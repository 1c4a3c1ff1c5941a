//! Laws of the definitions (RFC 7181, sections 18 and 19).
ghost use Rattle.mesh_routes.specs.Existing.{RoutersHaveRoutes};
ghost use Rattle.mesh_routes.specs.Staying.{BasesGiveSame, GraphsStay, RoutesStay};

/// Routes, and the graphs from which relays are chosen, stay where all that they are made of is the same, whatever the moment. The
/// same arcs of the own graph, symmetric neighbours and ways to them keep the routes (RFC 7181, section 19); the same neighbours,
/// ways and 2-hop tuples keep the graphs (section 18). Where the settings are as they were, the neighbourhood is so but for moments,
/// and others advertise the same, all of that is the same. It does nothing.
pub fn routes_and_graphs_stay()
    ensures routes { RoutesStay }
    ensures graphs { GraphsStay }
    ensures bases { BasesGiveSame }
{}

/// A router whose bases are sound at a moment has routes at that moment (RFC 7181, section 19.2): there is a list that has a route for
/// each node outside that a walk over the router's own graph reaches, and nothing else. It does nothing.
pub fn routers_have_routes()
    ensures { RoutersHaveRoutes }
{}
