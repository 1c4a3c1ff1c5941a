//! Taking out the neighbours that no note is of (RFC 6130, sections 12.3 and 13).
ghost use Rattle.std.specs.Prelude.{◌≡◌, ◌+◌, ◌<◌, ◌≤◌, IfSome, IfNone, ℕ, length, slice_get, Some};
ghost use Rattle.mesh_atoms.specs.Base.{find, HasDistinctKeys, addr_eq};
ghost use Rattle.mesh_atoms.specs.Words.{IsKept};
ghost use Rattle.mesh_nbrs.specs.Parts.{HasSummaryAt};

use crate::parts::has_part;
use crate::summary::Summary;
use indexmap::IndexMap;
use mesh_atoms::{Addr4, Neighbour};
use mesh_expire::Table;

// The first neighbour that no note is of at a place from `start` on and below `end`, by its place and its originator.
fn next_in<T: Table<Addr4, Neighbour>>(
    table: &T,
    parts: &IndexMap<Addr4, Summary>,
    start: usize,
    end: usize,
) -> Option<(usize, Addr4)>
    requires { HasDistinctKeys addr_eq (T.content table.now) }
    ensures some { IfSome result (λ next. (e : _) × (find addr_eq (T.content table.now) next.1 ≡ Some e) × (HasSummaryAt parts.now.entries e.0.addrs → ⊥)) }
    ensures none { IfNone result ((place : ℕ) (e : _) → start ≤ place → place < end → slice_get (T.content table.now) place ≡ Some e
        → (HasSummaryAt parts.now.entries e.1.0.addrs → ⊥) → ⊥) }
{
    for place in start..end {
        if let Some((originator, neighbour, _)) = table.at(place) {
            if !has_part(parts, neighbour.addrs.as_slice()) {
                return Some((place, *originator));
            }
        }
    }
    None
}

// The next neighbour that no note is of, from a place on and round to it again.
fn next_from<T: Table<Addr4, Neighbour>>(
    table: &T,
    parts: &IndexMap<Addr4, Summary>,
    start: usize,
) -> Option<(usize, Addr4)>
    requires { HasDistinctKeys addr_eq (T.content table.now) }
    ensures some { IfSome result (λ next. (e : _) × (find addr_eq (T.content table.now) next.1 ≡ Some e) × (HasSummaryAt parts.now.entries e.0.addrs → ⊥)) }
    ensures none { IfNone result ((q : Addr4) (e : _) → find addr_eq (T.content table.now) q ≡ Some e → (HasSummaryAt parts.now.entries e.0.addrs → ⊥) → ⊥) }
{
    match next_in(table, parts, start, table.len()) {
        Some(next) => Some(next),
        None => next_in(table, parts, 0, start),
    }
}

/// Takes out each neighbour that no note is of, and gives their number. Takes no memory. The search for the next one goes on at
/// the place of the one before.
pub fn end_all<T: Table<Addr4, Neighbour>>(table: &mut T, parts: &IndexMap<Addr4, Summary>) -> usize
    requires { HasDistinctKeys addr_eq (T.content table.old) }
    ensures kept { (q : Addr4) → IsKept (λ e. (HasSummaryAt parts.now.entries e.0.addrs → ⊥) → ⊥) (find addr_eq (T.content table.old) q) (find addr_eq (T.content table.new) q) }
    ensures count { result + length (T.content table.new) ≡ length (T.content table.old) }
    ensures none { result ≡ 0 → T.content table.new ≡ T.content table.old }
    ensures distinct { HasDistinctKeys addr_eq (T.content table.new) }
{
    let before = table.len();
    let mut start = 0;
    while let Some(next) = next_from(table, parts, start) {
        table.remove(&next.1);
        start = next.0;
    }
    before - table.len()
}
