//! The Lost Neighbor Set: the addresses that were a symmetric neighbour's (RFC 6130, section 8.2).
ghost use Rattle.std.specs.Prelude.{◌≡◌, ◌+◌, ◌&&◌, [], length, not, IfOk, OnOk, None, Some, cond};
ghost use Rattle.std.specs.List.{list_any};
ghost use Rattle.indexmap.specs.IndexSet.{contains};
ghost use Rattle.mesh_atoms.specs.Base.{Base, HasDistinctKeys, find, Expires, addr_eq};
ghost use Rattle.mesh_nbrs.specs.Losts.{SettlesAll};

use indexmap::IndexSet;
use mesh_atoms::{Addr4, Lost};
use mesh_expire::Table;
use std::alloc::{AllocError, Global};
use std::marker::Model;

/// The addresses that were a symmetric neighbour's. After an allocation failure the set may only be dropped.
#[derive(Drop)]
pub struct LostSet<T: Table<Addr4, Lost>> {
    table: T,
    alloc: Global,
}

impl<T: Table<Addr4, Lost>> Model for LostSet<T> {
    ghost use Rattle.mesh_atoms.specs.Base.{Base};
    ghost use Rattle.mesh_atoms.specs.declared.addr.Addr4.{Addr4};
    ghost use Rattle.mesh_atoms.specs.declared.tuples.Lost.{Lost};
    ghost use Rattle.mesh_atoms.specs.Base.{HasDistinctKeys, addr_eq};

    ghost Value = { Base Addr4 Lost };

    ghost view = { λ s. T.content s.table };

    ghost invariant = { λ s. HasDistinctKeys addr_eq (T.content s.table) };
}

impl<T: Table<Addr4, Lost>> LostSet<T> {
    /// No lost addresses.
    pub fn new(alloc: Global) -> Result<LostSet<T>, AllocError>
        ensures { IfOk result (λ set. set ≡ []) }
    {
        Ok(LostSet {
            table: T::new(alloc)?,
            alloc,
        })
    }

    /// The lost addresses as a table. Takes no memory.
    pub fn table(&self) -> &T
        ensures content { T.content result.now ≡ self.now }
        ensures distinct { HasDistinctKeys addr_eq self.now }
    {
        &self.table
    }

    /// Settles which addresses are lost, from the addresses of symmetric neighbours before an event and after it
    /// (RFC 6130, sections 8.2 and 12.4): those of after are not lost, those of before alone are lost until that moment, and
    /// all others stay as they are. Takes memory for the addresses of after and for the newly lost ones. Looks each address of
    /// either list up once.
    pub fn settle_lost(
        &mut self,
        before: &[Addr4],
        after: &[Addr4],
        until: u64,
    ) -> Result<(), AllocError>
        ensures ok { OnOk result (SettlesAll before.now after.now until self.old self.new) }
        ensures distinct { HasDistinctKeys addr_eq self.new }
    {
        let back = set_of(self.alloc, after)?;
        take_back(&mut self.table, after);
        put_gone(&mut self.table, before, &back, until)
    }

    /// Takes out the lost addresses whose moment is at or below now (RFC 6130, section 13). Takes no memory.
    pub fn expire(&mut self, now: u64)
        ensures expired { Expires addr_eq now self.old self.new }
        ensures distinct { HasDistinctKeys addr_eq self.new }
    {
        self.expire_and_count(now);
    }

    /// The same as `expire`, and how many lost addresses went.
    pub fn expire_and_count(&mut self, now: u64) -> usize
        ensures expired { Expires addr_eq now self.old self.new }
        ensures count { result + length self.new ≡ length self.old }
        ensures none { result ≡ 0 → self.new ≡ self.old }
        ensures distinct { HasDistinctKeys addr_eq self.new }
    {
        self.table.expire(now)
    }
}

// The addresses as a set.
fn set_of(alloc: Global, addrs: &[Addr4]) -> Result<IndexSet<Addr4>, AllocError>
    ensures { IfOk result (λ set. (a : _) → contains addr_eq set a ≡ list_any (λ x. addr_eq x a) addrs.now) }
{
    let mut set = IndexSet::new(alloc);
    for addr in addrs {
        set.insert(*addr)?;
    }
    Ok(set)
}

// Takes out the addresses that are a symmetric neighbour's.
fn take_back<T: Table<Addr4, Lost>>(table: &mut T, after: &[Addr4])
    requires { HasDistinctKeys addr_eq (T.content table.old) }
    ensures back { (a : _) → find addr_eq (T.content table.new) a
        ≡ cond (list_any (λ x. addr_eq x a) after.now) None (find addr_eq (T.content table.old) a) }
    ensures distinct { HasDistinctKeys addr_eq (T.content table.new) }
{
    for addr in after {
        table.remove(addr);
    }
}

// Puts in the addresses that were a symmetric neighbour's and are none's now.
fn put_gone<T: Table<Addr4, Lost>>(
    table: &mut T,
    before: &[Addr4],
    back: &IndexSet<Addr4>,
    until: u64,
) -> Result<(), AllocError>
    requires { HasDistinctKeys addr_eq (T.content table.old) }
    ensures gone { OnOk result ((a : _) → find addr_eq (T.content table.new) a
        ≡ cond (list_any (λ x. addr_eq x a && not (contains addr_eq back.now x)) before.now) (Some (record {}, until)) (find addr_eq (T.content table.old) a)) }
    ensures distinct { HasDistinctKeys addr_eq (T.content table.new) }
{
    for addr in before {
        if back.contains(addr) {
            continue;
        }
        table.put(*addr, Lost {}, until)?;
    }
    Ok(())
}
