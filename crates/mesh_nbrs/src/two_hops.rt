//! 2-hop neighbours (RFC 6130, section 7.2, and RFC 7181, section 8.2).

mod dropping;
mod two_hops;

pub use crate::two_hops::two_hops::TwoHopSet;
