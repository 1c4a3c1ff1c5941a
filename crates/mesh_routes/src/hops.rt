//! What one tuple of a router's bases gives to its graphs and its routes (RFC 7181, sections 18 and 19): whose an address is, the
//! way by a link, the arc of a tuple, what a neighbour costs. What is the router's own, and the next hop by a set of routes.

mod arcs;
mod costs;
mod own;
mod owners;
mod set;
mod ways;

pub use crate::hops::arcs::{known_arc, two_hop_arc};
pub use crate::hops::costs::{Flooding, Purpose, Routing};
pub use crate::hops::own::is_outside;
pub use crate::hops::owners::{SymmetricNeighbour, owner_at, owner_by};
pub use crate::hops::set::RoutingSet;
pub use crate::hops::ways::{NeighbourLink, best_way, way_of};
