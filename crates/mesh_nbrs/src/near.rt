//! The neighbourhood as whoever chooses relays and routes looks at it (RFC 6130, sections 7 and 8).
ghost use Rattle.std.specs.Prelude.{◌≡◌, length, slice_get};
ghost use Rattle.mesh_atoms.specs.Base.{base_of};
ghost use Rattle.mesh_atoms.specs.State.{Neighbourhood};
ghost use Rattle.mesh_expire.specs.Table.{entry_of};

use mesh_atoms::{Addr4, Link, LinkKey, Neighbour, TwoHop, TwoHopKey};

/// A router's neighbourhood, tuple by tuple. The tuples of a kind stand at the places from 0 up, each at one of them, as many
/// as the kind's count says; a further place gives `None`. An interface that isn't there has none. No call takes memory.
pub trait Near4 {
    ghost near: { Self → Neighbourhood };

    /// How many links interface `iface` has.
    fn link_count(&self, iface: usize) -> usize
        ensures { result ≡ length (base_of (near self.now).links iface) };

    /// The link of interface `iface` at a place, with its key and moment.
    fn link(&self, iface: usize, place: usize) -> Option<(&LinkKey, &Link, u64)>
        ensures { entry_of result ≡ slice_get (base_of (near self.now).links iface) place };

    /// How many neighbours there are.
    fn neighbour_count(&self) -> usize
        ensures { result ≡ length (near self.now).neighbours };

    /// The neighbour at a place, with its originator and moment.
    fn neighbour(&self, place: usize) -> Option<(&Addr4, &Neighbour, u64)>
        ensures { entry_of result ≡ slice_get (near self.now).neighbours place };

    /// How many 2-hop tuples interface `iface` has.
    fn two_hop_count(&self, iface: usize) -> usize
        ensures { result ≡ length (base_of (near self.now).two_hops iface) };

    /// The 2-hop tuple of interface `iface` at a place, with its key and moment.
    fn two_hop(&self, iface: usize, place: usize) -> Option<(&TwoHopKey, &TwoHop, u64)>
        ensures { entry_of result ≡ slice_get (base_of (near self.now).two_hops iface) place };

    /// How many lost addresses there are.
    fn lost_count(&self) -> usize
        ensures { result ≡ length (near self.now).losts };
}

→ Exercise aim
Above are some lines. Repeat exactly, and only, those from the line that has "table.remove(&next.1);" through the line that has "and after it".

→ Task output
        table.remove(&next.1);
        start = next.0;
    }
    before - table.len()
}
//! The Lost Neighbor Set: the addresses that were a symmetric neighbour's (RFC 6130, section 8.2).
ghost use Rattle.std.specs.Prelude.{◌≡◌, ◌+◌, ◌&&◌, [], length, not, IfOk, OnOk, None, Some, cond};
ghost use Rattle.std.specs.List.{list_any};
ghost use Rattle.indexmap.specs.IndexSet.{contains};
ghost use Rattle.mesh_atoms.specs.Base.{Base, HasDistinctKeys, find, Expires, addr_eq};
ghost use Rattle.mesh_nbrs.specs.Losts.{SettlesAll};

use indexmap::IndexSet;
use mesh_atoms::{Addr4, Lost};
use mesh_expire::Table;
use std::alloc::{AllocError, Global};
use std::marker::Model;

/// The addresses that were a symmetric neighbour's. After an allocation failure the set may only be dropped.
#[derive(Drop)]
pub struct LostSet<T: Table<Addr4, Lost>> {
    table: T,
    alloc: Global,
}

impl<T: Table<Addr4, Lost>> Model for LostSet<T> {
    ghost use Rattle.mesh_atoms.specs.Base.{Base};
    ghost use Rattle.mesh_atoms.specs.declared.addr.Addr4.{Addr4};
    ghost use Rattle.mesh_atoms.specs.declared.tuples.Lost.{Lost};
    ghost use Rattle.mesh_atoms.specs.Base.{HasDistinctKeys, addr_eq};

    ghost Value = { Base Addr4 Lost };

    ghost view = { λ s. T.content s.table };

    ghost invariant = { λ s. HasDistinctKeys addr_eq (T.content s.table) };
}

impl<T: Table<Addr4, Lost>> LostSet<T> {
    /// No lost addresses.
    pub fn new(alloc: Global) -> Result<LostSet<T>, AllocError>
        ensures { IfOk result (λ set. set ≡ []) }
    {
        Ok(LostSet {
            table: T::new(alloc)?,
            alloc,
        })
    }

    /// The lost addresses as a table. Takes no memory.
    pub fn table(&self) -> &T
        ensures content { T.content result.now ≡ self.now }
        ensures distinct { HasDistinctKeys addr_eq self.now }
    {
        &self.table
    }

    /// Settles which addresses are lost, from the addresses of symmetric neighbours before an event and after it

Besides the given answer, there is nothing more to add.